08.12.2005 Artikelansicht
Ausschnitt Zeitungsausschnitt
Drucken Drucken

 

Arbeiter um 40 Prozent
ihres Lohns gebracht?

Zoll-Razzia auf Ostwestfalens größter Baustelle

Von Christian Althoff
Minden (WB). Razzia des Hauptzollamtes Bielefeld: 80 Beamte aus Paderborn, Herford, Bielefeld und Hamm haben gestern Morgen auf der Baustelle des Mindener Klinikums 142 Arbeiter überprüft.
Polier Karl-Heinz Böse: »Bei uns läuft alles legal.«
Die Baustelle des Mindener Klinikums gestern Morgen im Scheinwerferlicht der Kräne. Das Krankenhaus soll 2007 eröffnet werden.
Auf 23 Hektar entsteht dort bis 2007 für 210 Millionen Euro ein neues Krankenhaus - die größte Baustelle Ostwestfalens.

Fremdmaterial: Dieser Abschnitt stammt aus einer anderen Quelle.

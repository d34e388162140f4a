//! Expressions that are lowered one after another.

ghost use Rattle.std.specs.Prelude.{◌≡◌, ◌∷◌, [], Some, OnOk};
ghost use Rattle.dslx_tree.specs.declared.expr.For.{out-For};
ghost use Rattle.dslx_meaning.specs.Lists.{where_true};
ghost use Rattle.dslx_core.specs.declared.expr.Shape.{Bound as bound_shape};
ghost use Rattle.dslx_core.specs.Machines.Machine.Bodies.{doing, restores, unnamed};
ghost use Rattle.dslx_core.specs.Machines.Machine.Parts.{part_taken};
ghost use Rattle.dslx_core.specs.Machines.Machine.Tasks.{Gathers, LoopBegins, LowersArms, LowersBlock, LowersExpr, Makes, MakesBind, MakesChoice};
ghost use Rattle.dslx_instance.specs.Tasks.Shown.{body_shown, parts_shown};

use crate::tasks::{
    ArmsTask, BlockTask, LastMaker, LoopTask, LowerTask, OpenBody, PartsMaker, PartsTask,
};
use dslx_core::Shape;
use dslx_core::lowering::LoweredExpr;
use dslx_core_exprs::alike::equal_type;
use dslx_tree::{Arm, Block, Expr, For};
use std::alloc::{AllocError, Global};
use xb_value::Boxed;

/// A condition and both branches are to be lowered, and a choice to be made of them.
pub fn begin_choice<'a>(
    body: &mut OpenBody<'a>,
    alloc: Global,
    condition: &'a Expr,
    yes: &'a Block,
    no: &'a Expr,
) -> Result<(), AllocError>
    ensures { OnOk result (body_shown body.new ≡ doing (LowersExpr condition.now ∷ LowersBlock yes.now ∷ LowersExpr no.now ∷ Makes MakesChoice ∷ []) (body_shown body.old)) }
{
    body.expr_then_block(alloc, no, BlockTask::Make(LastMaker::Choice))?;
    body.first_block(alloc, BlockTask::Block(yes))?;
    body.first(LowerTask::Expr(condition))
}

/// The value of a match is to be lowered, and then its arms.
pub fn begin_match<'a>(
    body: &mut OpenBody<'a>,
    alloc: Global,
    value: &'a Expr,
    arms: &'a [Arm],
) -> Result<(), AllocError>
    ensures { OnOk result (body_shown body.new ≡ doing (LowersExpr value.now ∷ LowersArms arms.now ∷ []) (body_shown body.old)) }
{
    body.first_arms(alloc, ArmsTask::Arms(arms))?;
    body.first(LowerTask::Expr(value))
}

/// What a loop begins with and its first index are to be lowered, and then the loop.
pub fn begin_loop<'a>(
    body: &mut OpenBody<'a>,
    alloc: Global,
    turns: &'a For,
) -> Result<(), AllocError>
    ensures { OnOk result (body_shown body.new ≡ doing (LowersExpr (out-For turns.now).start ∷ LowersExpr (out-For turns.now).from ∷ LoopBegins turns.now ∷ []) (body_shown body.old)) }
{
    body.first_loop(alloc, LoopTask::Begin(turns))?;
    body.first(LowerTask::Expr(&turns.from))?;
    body.first(LowerTask::Expr(&turns.start))
}

/// The next of several expressions is to be lowered, and then those behind it.
pub fn begin_next<'a>(
    body: &mut OpenBody<'a>,
    alloc: Global,
    before: Vec<LoweredExpr>,
    next: &'a Expr,
    rest: &'a [Expr],
    maker: PartsMaker<'a>,
) -> Result<(), AllocError>
    ensures { OnOk result (body_shown body.new ≡ doing (LowersExpr next.now ∷ Gathers before.items rest.now (parts_shown maker.entry) ∷ []) (body_shown body.old)) }
{
    body.first_parts(alloc, PartsTask::Gather(before, rest, maker))?;
    body.first(LowerTask::Expr(next))
}

/// Whether a part is of the type that is wanted.
pub fn fits_part(maker: &PartsMaker, part: &LoweredExpr) -> bool
    ensures { where_true result (Some part.now) ≡ part_taken (parts_shown maker.now) part.now }
{
    match maker {
        PartsMaker::Fill(ty, _, _) => equal_type(ty, &part.ty),
        _ => true,
    }
}

/// This value is bound, to no name, for what is made next.
pub fn bind_unnamed<'a>(
    body: &mut OpenBody<'a>,
    alloc: Global,
    value: LoweredExpr,
) -> Result<(), AllocError>
    ensures { OnOk result (body_shown body.new ≡ unnamed (doing (MakesBind value bound_shape ∷ restores (body_shown body.old) ∷ []) (body_shown body.old))) }
{
    let back = body.restores_here();
    body.first(back)?;
    body.first(LowerTask::Bind(Boxed::new(alloc, value)?, Shape::Bound))?;
    body.bind_unnamed()
}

Die Industrie-Gewerkschaft Bauen-Agrar-Umwelt befürchtet allerdings, dass der Bau unter Umgehung deutscher Gesetze von ausländischen Billigarbeitern hochgezogen wird, die angeblich um 40 Prozent ihres Lohns betrogen werden.
Deutsche Firmen setzen in Minden Kroaten und Slowenen zum Eisenbiegen, Einschalen und Betonieren ein. »Je nach Lohngruppe steht ihnen der gesetzliche Mindeststundenlohn von 10,20 beziehungsweise 12,30 Euro zu«, sagt Irmgard Schonemeyer-Hüttemann vom Hauptzollamt Bielefeld. Für dieses Geld fände man auch deutsche Bauarbeiter, von denen jeder vierte in Ostwestfalen-Lippe arbeitslos sei, sagt Gewerkschaftssekretär Bodo Matthey: »Der Haken ist allerdings, dass der Mindestlohn tatsächlich nur auf dem Papier gezahlt wird.« So kennt die Gewerkschaft Lohnabrechnungen eines Unternehmens aus Oberhausen, auf denen den in Minden arbeitenden Kroaten von ihrem gesetzlichen Mindestlohn wieder 40 Prozent abgezogen worden sind. »Angeblich hat der Arbeitgeber diese 40 Prozent direkt an die Familie des Arbeiters in Kroatien gezahlt«, sagt Bodo Matthey. Tatsächlich werde aber gar kein Geld auf den Balkan überwiesen.
Sind solche angeblichen verdeckt gezahlten Dumpinglöhne also der Grund für den Einsatz ausländischer Arbeiter? »Unsinn!«, wettert Karl-Heinz Böse, der als Polier des Unternehmens Temme (Porta Westfalica) für 60 slowenische Eisenflechter zuständig ist. »Gehen Sie mal zum Arbeitsamt. Da finden Sie einfach keine qualifizierten Kräfte!«, meint er.
Die 80 Zollbeamten waren gestern Morgen mit 29 Wagen vorgefahren. Sie riegelten die Großbaustelle ab und versammelten die 142 Arbeiter in der Kantine. Von vier Dolmetschern unterstützt befragten sie alle Beschäftigten und trugen die Antworten in ein dreiseitiges Formular ein. Stephan Peters, Sprecher des Hauptzollamtes Bielefeld: »Wir fragen nach den Arbeitszeiten, dem Lohn, wie er gezahlt wird, welche Abzüge es gibt und vielen anderen Dingen.«
Die Angaben der Arbeiter werden in den kommenden Wochen mit den Buchhaltungen der Baufirmen verglichen. »Ein enormer Aufwand, aber nur so können mögliche Unstimmigkeiten oder Tricks aufgedeckt werden«, sagte Stephan Peters.
Erst nach Abschluss dieser Ermittlungen wird feststehen, ob sich der Lohndumping-Verdacht der Gewerkschaft bestätigt.